After all, there already was a winner from this primary season (other than Senator McCain): the media, which had mustered its all, campaigned extravagantly coast to coast, and installed “eye-popping technological wizardry” like CNN’s MagicWall, “a huge monitor upon which newsman John King could manipulate maps and images with the poke of a finger as if handling an oversized iPhone.” The good news — for cable TV in particular, which has been getting splendid enough ratings off the “historic” primary season to generate a “ratings war” — is that it is now guaranteed to go on and on. Okay, it’s not “American Idol,” but by November 4th, it is likely to be the longest running continuous “reality show” on television, which isn’t bad either. As Ch! arlie McCollum of the San Jose Mercury has written: “Television executives have reacted to these [ratings] numbers the way television executives always do when ratings spike. They have ordered more ‘episodes,’ expanding the time devoted to the campaign.” In fact, media enthusiasm for the primary season, as I wrote recently, has reached “feeding frenzy” proportions.

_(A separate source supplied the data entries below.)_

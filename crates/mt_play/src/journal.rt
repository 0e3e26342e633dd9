//! What goes to the journal of a node that plays, on a disk in memory: commits, and one in which the disk stops.

ghost use Rattle.std.specs.Prelude.{◌≡◌, ◌≢◌, ◌<◌, ◌≤◌, ◌^◌, List, [], None, Some, IfOk, IsTrue, OnErr, OnOk};
ghost use Rattle.mt_durable.specs.Keeping.{Committed, HasRoom, IsAdmitted, IsChange, WasOrCommitted};
ghost use Rattle.mt_durable.specs.Maps.{have_values, keys_ascend};
ghost use Rattle.mt_durable.specs.Reading.{Says};
ghost use Rattle.mt_durable.specs.Setting.{with_all};
ghost use Rattle.mt_durable.specs.declared.durable.Entry.{Entry};
ghost use Rattle.mt_grammar.specs.Grammar.{is_in_grammar};
ghost use Rattle.mt_keeping.specs.Laws.{MayCommit};
ghost use Rattle.mt_keeping.specs.States.{told_map};
ghost use Rattle.mt_whole.specs.mt_regained.Begun.{boot_in, ceiling_in};
ghost use Rattle.mt_store.specs.Leading.{map_left};
ghost use Rattle.mt_play.specs.Journal.{IsReady, Keeps, Rests};

use mt_durable::{Durable, Keeper, bytes_of_a_change_are_read};
use mt_grammar::kept_in;
use mt_keeping::{
    Store, journals_are_recovered, kept_maps_take_four_calls, states_may_be_committed,
};
use mt_outside::{Fate, MemDisk};
use std::alloc::{AllocError, Global};

// How many bytes a slot of the journal has for an image and the changes behind it, without those that frame the image.
const SLOT_ROOM: usize = 1_048_566;

// Behind so many bytes of changes the image is written. A recovery goes over the whole map for each change.
const MOST_CHANGES: usize = 1_024;

/// Commits a change, and lets the disk forget what is safe by then. Where many changes stand behind the image of the journal, it is
/// written anew, so that neither a recovery nor a long run's memory grows with what was committed before.
pub(crate) fn commit(store: &mut Store<MemDisk>, change: &[u8]) -> Result<(), AllocError>
    requires form { IsChange change.now }
    requires room { HasRoom change.now (Some (told_map store.old)) }
    requires admitted { IsAdmitted is_in_grammar change.now (Some (told_map store.old)) }
    ensures keeps { (entries : List Entry) → IsReady store.old → IsTrue (keys_ascend (told_map store.old)) → IsTrue (have_values (told_map store.old)) → Says entries change.now
        → OnOk result (Keeps store.new (with_all entries (told_map store.old))) }
    ensures part { OnErr result (WasOrCommitted change.now (Some (told_map store.old)) (Some (told_map store.new))) }
{
    commit_behind(store, change)?;
    compact_if_long(store)
}

// Commits a change behind the others.
fn commit_behind(store: &mut Store<MemDisk>, change: &[u8]) -> Result<(), AllocError>
    requires form { IsChange change.now }
    requires room { HasRoom change.now (Some (told_map store.old)) }
    requires admitted { IsAdmitted is_in_grammar change.now (Some (told_map store.old)) }
    ensures keeps { (entries : List Entry) → IsReady store.old → IsTrue (keys_ascend (told_map store.old)) → IsTrue (have_values (told_map store.old)) → Says entries change.now
        → OnOk result (Keeps store.new (with_all entries (told_map store.old))) }
    ensures committed { OnOk result (Committed change.now (Some (told_map store.old)) (Some (told_map store.new))) }
    ensures part { OnErr result (WasOrCommitted change.now (Some (told_map store.old)) (Some (told_map store.new))) }
    ensures in_use { OnOk result (store.new.rolled ≡ None) }
    ensures admitted { OnOk result (IsTrue (is_in_grammar store.new.store.image)) }
{
    states_may_be_committed();
    let Ok(()) = store.commit(change) else {
        return Err(AllocError);
    };
    let disk = store.disk_mut();
    disk.forget();
    // It has not stopped, so it only forgets where it was to stop.
    disk.restart();
    Ok(())
}

// Writes the image of the map in the place of the changes, where there are many.
fn compact_if_long(store: &mut Store<MemDisk>) -> Result<(), AllocError>
    requires in_use { store.old.rolled ≡ None }
    requires admitted { IsTrue (is_in_grammar store.old.store.image) }
    ensures keeps { (map : List Entry) → Keeps store.old map → OnOk result (Keeps store.new map) }
    ensures told { OnErr result (told_map store.new ≡ told_map store.old) }
{
    if !is_long(store) {
        return Ok(());
    }
    let Ok(()) = store.compact() else {
        return Err(AllocError);
    };
    store.disk_mut().forget();
    Ok(())
}

// Whether many changes stand behind the image.
fn is_long(store: &Store<MemDisk>) -> bool {
    let image = store.image().as_slice().len();
    !store.fits((SLOT_ROOM - MOST_CHANGES).saturating_sub(image))
}

/// The same where there is a change, and nothing where there is none.
pub(crate) fn commit_if_any(store: &mut Store<MemDisk>, change: &[u8]) -> Result<(), AllocError>
    requires { change.now ≢ [] → MayCommit change.now (told_map store.old) }
    ensures none { change.now ≡ [] → store.new ≡ store.old }
    ensures some { (entries : List Entry) → change.now ≢ [] → IsReady store.old → IsTrue (keys_ascend (told_map store.old)) → IsTrue (have_values (told_map store.old)) → Says entries change.now
        → OnOk result (Keeps store.new (with_all entries (told_map store.old))) }
    ensures part { OnErr result (WasOrCommitted change.now (Some (told_map store.old)) (Some (told_map store.new))) }
{
    if change.is_empty() {
        return Ok(());
    }
    commit(store, change)
}

/// Commits a change on a disk that stops at this one of the four calls, and restarts the disk. What it holds then leads to the map
/// with the change exactly where the third or the fourth call was the one, and all was kept.
pub(crate) fn commit_stopped(
    store: &mut Store<MemDisk>,
    change: &[u8],
    calls: u64,
    fate: Fate,
) -> Result<(), AllocError>
    requires form { IsChange change.now }
    requires room { HasRoom change.now (Some (told_map store.old)) }
    requires admitted { IsAdmitted is_in_grammar change.now (Some (told_map store.old)) }
    requires within { calls ≤ 4 }
    ensures { (entries map : List Entry) → Keeps store.old map → map ≢ [] → Says entries change.now
        → OnOk result (Rests store.new (map_left 4 (record { calls = calls; fate = fate }) map (with_all entries map))) }
{
    journals_are_recovered();
    kept_maps_take_four_calls();
    bytes_of_a_change_are_read();
    store.disk_mut().stop_at(calls, fate);
    let Err(_) = store.commit(change) else {
        return Err(AllocError);
    };
    let disk = store.disk_mut();
    if !disk.stopped() {
        // Another call failed before, for want of memory.
        return Err(AllocError);
    }
    disk.restart();
    Ok(())
}

/// Whether a node may start with a map of which a boot may be counted and in which there is room for event numbers.
pub(crate) fn counts_one_more(alloc: Global, map: &Durable) -> Result<bool, AllocError>
    ensures { IfOk result (λ yes. IsTrue yes → (boot_in map.now < 2 ^ 31) × (ceiling_in map.now ≤ 2 ^ 61)) }
{
    let Some(kept) = kept_in(alloc, map)? else {
        return Ok(false);
    };
    let boot = kept.boot.unwrap_or(0);
    let ceiling = kept.ceiling.unwrap_or(0);
    Ok(boot < (1 << 31) && ceiling <= (1 << 61))
}
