//! How a node begins with the map with which it goes on.

ghost use Rattle.std.specs.Prelude.{◌≡◌, ℕ, Some, IfOk};
ghost use Rattle.mt_durable.specs.Setting.{with_all};
ghost use Rattle.mt_machine.specs.State.{IsValid};
ghost use Rattle.mt_lasting.specs.Contents.{durable};
ghost use Rattle.mt_regained.specs.Begun.{MayStart, ceiling_in, first_change, next_boot};

use crate::bytes::keys_are_of_bytes;
use crate::laws::{durable_maps_are_kept, states_are_regained};
use crate::opening::begun_with;
use crate::regained::state_of;
use mt_durable::Durable;
use mt_grammar::kept_in;
use mt_machine::{expiries_spare_others, states_are_valid};
use mt_model::{Config, NodeState};
use std::alloc::{AllocError, Global};

/// The state in which the boot behind a map begins with which a node may start, and the ceiling of event numbers that the map
/// has. What is committed first makes of the map that of the state.
pub fn begun(alloc: Global, config: &Config, map: &Durable) -> Result<(NodeState, u64), AllocError>
    requires { MayStart map.now }
    ensures state { IfOk result (λ both. next_boot config.now map.now ≡ Some both.0) }
    ensures ceiling { IfOk result (λ both. both.1 ≡ ceiling_in map.now) }
    ensures valid { IfOk result (λ both. IsValid both.0) }
    ensures leads { (next : ℕ) → IfOk result (λ both. with_all (first_change both.0.boot next) map.now ≡ durable both.0 next) }
{
    states_are_valid();
    states_are_regained();
    durable_maps_are_kept();
    expiries_spare_others();
    keys_are_of_bytes(map.as_slice());
    // What is rolled back is a map of the grammar.
    let Some(kept) = kept_in(alloc, map)? else {
        unreachable!()
    };
    let ceiling = kept.ceiling.unwrap_or(0);
    let state = state_of(alloc, kept)?;
    let boot = state.boot + 1;
    let begun = begun_with(alloc, boot, config.sessions.as_slice(), state)?;
    Ok((begun, ceiling))
}
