//! A node that plays, and all that is shown of its sessions.

ghost use Rattle.std.specs.Prelude.{◌≡◌, ◌↔◌, IfOk, IsTrue, List, OnErr, OnOk, filter};
ghost use Rattle.mt_model.specs.declared.node.state.NodeSession.{NodeSession as Row};
ghost use Rattle.mt_model.specs.declared.texts.config.SessionRow.{SessionRow};
ghost use Rattle.mt_model.specs.declared.texts.recording.Event.{Event as Line};
ghost use Rattle.mt_model.specs.texts.Contents.{contents_of};
ghost use Rattle.mt_subs.specs.Leaving.{is_live_as as stands_for};
ghost use Rattle.mt_whole.specs.mt_machine.Environment.{Environment, given_by};
ghost use Rattle.mt_whole.specs.mt_marks.Noted.{noted_if};
ghost use Rattle.mt_whole.specs.mt_runs.Course.{Going, going_on};
ghost use Rattle.mt_whole.specs.mt_runs.Isolation.{own_part};
ghost use Rattle.mt_whole.specs.mt_runs.Whole.{opened};
ghost use Rattle.mt_play.specs.Courses.{IsGoing, IsStopping};
ghost use Rattle.mt_play.specs.Plays.{IsMade, IsOnJournal, IsPlannedLine};
ghost use Rattle.mt_play.specs.Remembers.{IsRemembering, RemembersTo, dropped};

use crate::course::Course;
use crate::playing::{Planned, Playing};
use mt_model::{Config, Event, ExactCopy, NodeSession, SentList};
use mt_subs::is_live_as;
use mt_whole::{
    Note, ToldTalks, closed_sessions_are_those_that_end, own_parts_are_standings_and_talks,
    raised_ceilings_come_first, stops_leave_all,
};
use std::alloc::{AllocError, Global};

/// A node that plays, and all that is shown of its sessions, which no node stores. It grows with the recording.
pub struct Remembering<'a> {
    playing: Playing<'a>,
    told: ToldTalks,
}

impl<'a> Drop for Remembering<'a> {
    fn drop(self) {
        let Remembering {
            playing: _,
            told: _,
        } = self;
    }
}

impl<'a> Remembering<'a> {
    /// A new node with this configuration, in its first boot, of whose sessions nothing is shown yet.
    pub fn start(alloc: Global, config: &'a Config) -> Result<Remembering<'a>, AllocError>
        ensures journal { IfOk result (λ remembering. IsOnJournal remembering.playing) }
        ensures remembers { IfOk result (λ remembering. IsRemembering remembering (given_by (contents_of config.now)) config.now.sessions (going_on (opened config.now))) }
    {
        let playing = Playing::start(alloc, config)?;
        let told = ToldTalks::begun(alloc, playing.boot(), config.sessions.as_slice())?;
        Ok(Remembering { playing, told })
    }

    /// The node.
    pub fn playing(&self) -> &Playing<'a>
        ensures { result.now ≡ self.now.playing }
    {
        &self.playing
    }

    /// Makes of the node what a line makes of it that was planned on the node, remembers what is shown, and gives what is sent. Behind
    /// a reopening nothing has been shown. Where memory is wanting the node stays as it is, but what is remembered may be of no use any
    /// more.
    pub fn carry_out(&mut self, event: &Event, planned: Planned) -> Result<SentList, AllocError>
        requires journal { IsOnJournal self.old.playing }
        requires made { IsMade self.old.playing planned }
        ensures journal { OnOk result (IsOnJournal self.new.playing) }
        ensures steps { (given : Environment) (sessions : List SessionRow) (g : Going) → IsRemembering self.old given sessions g → IsPlannedLine given g event.now planned
            → IfOk result (RemembersTo given sessions g event.now self.new) }
        ensures stays { OnErr result (self.new.playing.whole ≡ self.old.playing.whole) }
    {
        match planned.course() {
            Course::Goes(_) => self.go_on(event, planned),
            Course::Stops { .. } => self.begin_again(planned),
        }
    }

    // A line that is carried out.
    fn go_on(&mut self, event: &Event, planned: Planned) -> Result<SentList, AllocError>
        requires journal { IsOnJournal self.old.playing }
        requires made { IsMade self.old.playing planned }
        requires goes { IsGoing planned.course }
        ensures journal { OnOk result (IsOnJournal self.new.playing) }
        ensures steps { (given : Environment) (sessions : List SessionRow) (g : Going) → IsRemembering self.old given sessions g → IsPlannedLine given g event.now planned
            → IfOk result (RemembersTo given sessions g event.now self.new) }
        ensures stays { OnErr result (self.new.playing.whole ≡ self.old.playing.whole) }
    {
        closed_sessions_are_those_that_end();
        stops_leave_all();
        let note = self.playing.note(event)?;
        note_line(&mut self.told, note, &planned)?;
        self.playing.carry_out(planned)
    }

    // A line in which the disk stops.
    fn begin_again(&mut self, planned: Planned) -> Result<SentList, AllocError>
        requires journal { IsOnJournal self.old.playing }
        requires made { IsMade self.old.playing planned }
        requires stops { IsStopping planned.course }
        ensures journal { OnOk result (IsOnJournal self.new.playing) }
        ensures steps { (given : Environment) (sessions : List SessionRow) (g : Going) (event : Line) → IsRemembering self.old given sessions g → IsPlannedLine given g event planned
            → IfOk result (RemembersTo given sessions g event self.new) }
        ensures stays { OnErr result (self.new.playing.whole ≡ self.old.playing.whole) }
    {
        raised_ceilings_come_first();
        let playing = &self.playing;
        let next = playing.boot().saturating_add(1);
        let told = ToldTalks::begun(playing.alloc, next, playing.config.sessions.as_slice())?;
        let sent = self.playing.carry_out(planned)?;
        self.told = told;
        Ok(sent)
    }

    /// Whether the fabric's own part is the same in both, with what stands over its live sessions and all that is shown of them.
    /// It takes memory for copies of the rows of these sessions.
    pub fn has_same_own(&self, other: &Remembering, fabric: u8) -> Result<bool, AllocError>
        ensures { (given to_other : Environment) (mine theirs : List SessionRow) (g h : Going) → IsRemembering self.now given mine g → IsRemembering other.now to_other theirs h
            → IfOk result (λ same. IsTrue same ↔ (own_part fabric g.whole ≡ own_part fabric h.whole)) }
    {
        own_parts_are_standings_and_talks();
        if !self.playing.alike(&other.playing, fabric) {
            return Ok(false);
        }
        let alloc = self.playing.alloc;
        let own = live_sessions(alloc, fabric, self.playing.whole.sessions())?;
        let others = live_sessions(alloc, fabric, other.playing.whole.sessions())?;
        Ok(self.told.are_same_among(&own, &other.told, &others))
    }
}

// The sessions that are live for a fabric.
fn live_sessions(
    alloc: Global,
    fabric: u8,
    sessions: &[NodeSession],
) -> Result<Vec<NodeSession>, AllocError>
    ensures { IfOk result (λ live. live.items ≡ filter (λ (session : Row). stands_for fabric session.standing) sessions.now) }
{
    let mut live = Vec::new(alloc);
    for session in sessions {
        if is_live_as(fabric, session.standing) {
            live.push(session.copy()?)?;
        }
    }
    Ok(live)
}

// What a line that is carried out adds to what is shown: the note of it, and the drops of the sessions that end.
fn note_line(told: &mut ToldTalks, note: Option<Note>, planned: &Planned) -> Result<(), AllocError>
    ensures { OnOk result (told.new ≡ dropped planned.now.outcome (noted_if note told.old)) }
{
    told.note(note)?;
    match planned.outcome() {
        Some(outcome) => told.let_go(outcome.closed()),
        None => Ok(()),
    }
}
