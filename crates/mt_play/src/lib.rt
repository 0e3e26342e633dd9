//! A node on its journal that plays the lines of a recording, one after the other, through every stop of its disk, and what a
//! looker-on may ask of it.
//!
//! - `journal`: what goes to the journal, and a commit in which the disk stops;
//! - `course`: what becomes of a line;
//! - `playing`: the node with the verdicts by which it plays, how it starts, a step, and how it is reopened;
//! - `looking`: what a looker-on may ask of it;
//! - `remembering`: such a node, and all that is shown of its sessions.
#![tactic(auto)]

mod course;
mod journal;
mod looking;
mod playing;
mod remembering;

pub use course::{ComingStop, Course};
pub use mt_whole::{
    Mark, Part, Unanswered, equal_marks_do_not_differ, equal_marks_have_equal_messages,
    expiries_are_rollbacks, first_difference, parts_come_in_order, reopenings_are_exact,
    replies_are_exact, runs_are_their_messages, wholes_are_valid,
};
pub use playing::{Planned, Playing};
pub use remembering::Remembering;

It seems that Democratic voters have also ordered a few more “episodes” of our electoral reality show. Host of RadioNation on Air America Radio Laura Flanders has spent her time in recent years considering quite a different kind of enthusiasm than the media one, an enthusiasm that has slowly been rising from grassroots activism in and around the Democratic Party and whose spirit she’s caught in her book (just published in paperback), Blue Grit: Making Impossible, Improbable, Inspirational Political Change in America. Now, as the media revs up for the next set of primaries leading to the two super-Conventions and a superduper presidential election for “change” (which will put neither a Superman, nor a Superwoman in the White House), she suggests we take a breath and consider where change is really coming from and whether it will ever actua! lly arrive. Tom

A New Moment?

The Grassroots and the Party, 1964 and 2008

By Laura Flanders

The swirl of the primary season is intoxicating and the media love it. If the ratings records set by the recent political debates are any indication, the ongoing primary battle may yet save cable TV. “Super Tuesday” — the night that was supposed to wrap everything up — didn’t (for either party). Clearly, this extended nomination contest is getting people excited, but will that excitement translate into substantive change — for Democrats in particular? The past offers some hard-knocks lessons worth thinking about.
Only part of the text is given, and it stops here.